Segment Start: RECORDS SUPPLIED

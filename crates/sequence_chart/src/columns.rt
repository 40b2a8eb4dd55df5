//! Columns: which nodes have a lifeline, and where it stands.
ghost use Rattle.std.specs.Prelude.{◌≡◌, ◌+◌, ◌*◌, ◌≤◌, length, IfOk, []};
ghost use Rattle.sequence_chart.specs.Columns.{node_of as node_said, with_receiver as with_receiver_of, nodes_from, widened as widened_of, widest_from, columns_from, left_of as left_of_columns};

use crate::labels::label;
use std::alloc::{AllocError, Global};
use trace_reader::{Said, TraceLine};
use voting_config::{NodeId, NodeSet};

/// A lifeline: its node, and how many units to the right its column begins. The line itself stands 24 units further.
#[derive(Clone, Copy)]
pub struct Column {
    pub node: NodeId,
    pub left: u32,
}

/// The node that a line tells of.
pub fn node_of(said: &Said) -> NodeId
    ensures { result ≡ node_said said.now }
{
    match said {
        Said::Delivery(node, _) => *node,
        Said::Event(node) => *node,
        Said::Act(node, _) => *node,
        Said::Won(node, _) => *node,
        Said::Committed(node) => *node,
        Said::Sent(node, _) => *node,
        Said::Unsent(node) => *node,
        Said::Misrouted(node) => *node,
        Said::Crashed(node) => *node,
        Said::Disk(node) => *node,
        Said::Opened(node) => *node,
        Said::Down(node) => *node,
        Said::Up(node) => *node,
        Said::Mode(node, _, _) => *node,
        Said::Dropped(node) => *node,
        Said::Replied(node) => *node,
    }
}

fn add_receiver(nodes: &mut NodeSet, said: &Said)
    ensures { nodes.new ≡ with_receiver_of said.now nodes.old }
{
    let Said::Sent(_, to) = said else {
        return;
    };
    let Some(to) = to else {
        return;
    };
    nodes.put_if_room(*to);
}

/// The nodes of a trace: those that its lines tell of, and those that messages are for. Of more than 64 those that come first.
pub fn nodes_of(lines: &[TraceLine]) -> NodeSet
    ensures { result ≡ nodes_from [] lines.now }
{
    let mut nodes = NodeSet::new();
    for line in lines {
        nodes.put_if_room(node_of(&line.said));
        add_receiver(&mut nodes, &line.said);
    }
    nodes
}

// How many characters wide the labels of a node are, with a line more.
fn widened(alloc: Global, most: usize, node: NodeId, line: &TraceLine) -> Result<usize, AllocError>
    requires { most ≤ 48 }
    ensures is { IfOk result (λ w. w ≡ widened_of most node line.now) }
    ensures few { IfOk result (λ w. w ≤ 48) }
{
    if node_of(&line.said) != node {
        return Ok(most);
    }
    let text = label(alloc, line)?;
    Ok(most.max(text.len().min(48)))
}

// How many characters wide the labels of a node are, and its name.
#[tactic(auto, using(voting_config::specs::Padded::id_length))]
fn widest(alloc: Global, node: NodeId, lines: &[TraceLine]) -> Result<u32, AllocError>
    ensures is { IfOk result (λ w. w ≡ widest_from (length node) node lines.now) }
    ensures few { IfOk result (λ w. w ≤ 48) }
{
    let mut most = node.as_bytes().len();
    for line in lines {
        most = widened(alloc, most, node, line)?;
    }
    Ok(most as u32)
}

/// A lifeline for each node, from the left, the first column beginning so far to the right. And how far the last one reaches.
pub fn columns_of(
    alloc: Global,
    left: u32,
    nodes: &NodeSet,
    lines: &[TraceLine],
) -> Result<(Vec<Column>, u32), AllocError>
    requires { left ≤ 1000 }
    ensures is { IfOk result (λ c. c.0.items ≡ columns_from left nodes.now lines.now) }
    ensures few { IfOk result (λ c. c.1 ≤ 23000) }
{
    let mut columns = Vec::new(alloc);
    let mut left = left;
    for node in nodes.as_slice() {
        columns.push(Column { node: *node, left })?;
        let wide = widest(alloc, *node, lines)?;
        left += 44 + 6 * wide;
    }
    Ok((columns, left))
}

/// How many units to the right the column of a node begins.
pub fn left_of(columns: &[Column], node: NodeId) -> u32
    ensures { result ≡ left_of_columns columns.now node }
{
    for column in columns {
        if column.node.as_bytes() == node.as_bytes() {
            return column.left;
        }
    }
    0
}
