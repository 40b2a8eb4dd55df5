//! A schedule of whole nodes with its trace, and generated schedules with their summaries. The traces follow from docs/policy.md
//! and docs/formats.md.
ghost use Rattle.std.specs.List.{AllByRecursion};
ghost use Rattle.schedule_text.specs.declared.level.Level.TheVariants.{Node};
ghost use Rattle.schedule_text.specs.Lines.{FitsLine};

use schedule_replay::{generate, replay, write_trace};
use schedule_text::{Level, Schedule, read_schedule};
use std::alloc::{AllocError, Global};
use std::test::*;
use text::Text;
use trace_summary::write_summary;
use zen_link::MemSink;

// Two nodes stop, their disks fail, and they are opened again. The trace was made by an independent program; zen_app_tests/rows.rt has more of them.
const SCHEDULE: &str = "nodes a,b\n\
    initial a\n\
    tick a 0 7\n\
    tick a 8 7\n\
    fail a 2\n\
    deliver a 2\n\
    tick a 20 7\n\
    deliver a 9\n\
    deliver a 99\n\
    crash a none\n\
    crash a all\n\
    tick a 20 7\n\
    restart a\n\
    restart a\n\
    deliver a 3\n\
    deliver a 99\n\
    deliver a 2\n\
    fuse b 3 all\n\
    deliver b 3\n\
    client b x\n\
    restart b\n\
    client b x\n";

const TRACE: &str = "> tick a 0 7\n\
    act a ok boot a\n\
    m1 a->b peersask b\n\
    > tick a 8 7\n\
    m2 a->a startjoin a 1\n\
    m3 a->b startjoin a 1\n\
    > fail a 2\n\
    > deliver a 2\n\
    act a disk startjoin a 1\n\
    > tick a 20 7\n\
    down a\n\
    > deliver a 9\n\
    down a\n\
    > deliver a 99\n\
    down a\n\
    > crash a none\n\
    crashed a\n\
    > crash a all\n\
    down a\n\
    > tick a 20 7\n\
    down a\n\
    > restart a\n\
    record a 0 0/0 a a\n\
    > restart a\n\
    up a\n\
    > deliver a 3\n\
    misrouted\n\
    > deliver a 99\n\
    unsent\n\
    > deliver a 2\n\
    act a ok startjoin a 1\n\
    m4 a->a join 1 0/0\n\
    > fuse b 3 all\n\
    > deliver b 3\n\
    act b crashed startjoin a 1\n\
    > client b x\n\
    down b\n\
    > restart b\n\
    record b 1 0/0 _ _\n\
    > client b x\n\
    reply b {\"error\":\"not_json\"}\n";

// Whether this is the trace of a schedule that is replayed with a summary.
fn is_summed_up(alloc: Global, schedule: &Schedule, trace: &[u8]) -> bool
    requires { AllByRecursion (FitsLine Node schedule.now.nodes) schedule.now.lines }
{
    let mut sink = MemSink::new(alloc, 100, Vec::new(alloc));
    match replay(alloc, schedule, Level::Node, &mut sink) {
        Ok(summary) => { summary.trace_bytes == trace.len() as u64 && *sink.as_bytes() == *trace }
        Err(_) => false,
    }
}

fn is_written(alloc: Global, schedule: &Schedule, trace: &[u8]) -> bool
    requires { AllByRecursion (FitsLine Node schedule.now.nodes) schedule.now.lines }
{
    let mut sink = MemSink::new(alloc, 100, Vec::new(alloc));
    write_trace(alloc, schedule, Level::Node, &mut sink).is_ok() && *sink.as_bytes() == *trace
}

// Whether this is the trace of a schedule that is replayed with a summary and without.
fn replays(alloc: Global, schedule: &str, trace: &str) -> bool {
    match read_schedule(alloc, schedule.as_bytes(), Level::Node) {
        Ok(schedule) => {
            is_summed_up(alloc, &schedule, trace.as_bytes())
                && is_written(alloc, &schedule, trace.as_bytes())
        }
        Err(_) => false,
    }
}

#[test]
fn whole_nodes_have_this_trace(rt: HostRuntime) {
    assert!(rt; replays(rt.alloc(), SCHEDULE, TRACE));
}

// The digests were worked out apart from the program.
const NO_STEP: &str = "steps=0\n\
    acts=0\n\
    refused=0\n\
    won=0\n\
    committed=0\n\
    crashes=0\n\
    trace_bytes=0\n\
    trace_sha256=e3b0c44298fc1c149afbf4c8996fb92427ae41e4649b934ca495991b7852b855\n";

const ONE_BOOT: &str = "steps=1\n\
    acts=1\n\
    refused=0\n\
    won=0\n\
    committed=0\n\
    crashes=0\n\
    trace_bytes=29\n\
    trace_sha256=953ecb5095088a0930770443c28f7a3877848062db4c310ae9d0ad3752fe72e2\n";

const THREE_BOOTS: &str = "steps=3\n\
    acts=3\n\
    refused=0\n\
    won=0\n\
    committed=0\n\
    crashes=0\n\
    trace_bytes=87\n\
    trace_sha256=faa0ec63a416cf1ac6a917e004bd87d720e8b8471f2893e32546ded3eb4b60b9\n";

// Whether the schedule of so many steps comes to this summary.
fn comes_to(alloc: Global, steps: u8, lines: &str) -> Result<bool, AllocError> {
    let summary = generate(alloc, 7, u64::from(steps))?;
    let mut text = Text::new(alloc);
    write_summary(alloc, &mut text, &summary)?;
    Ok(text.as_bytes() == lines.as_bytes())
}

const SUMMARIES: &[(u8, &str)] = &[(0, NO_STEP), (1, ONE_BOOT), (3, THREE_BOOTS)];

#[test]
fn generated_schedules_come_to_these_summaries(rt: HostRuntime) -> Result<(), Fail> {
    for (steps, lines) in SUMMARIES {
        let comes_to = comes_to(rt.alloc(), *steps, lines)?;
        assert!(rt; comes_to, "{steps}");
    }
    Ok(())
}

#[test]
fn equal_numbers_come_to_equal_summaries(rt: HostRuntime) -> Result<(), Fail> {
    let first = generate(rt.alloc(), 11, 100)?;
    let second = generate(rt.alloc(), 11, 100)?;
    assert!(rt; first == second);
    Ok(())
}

Segment End: RECORDS SUPPLIED

PROBLEM DESCRIPTION -> Wherever the string "client" is found in the listing above, copy the line that contains it.

RESULT ->
    client b x\n\
    client b x\n";
    > client b x\n\
    > client b x\n\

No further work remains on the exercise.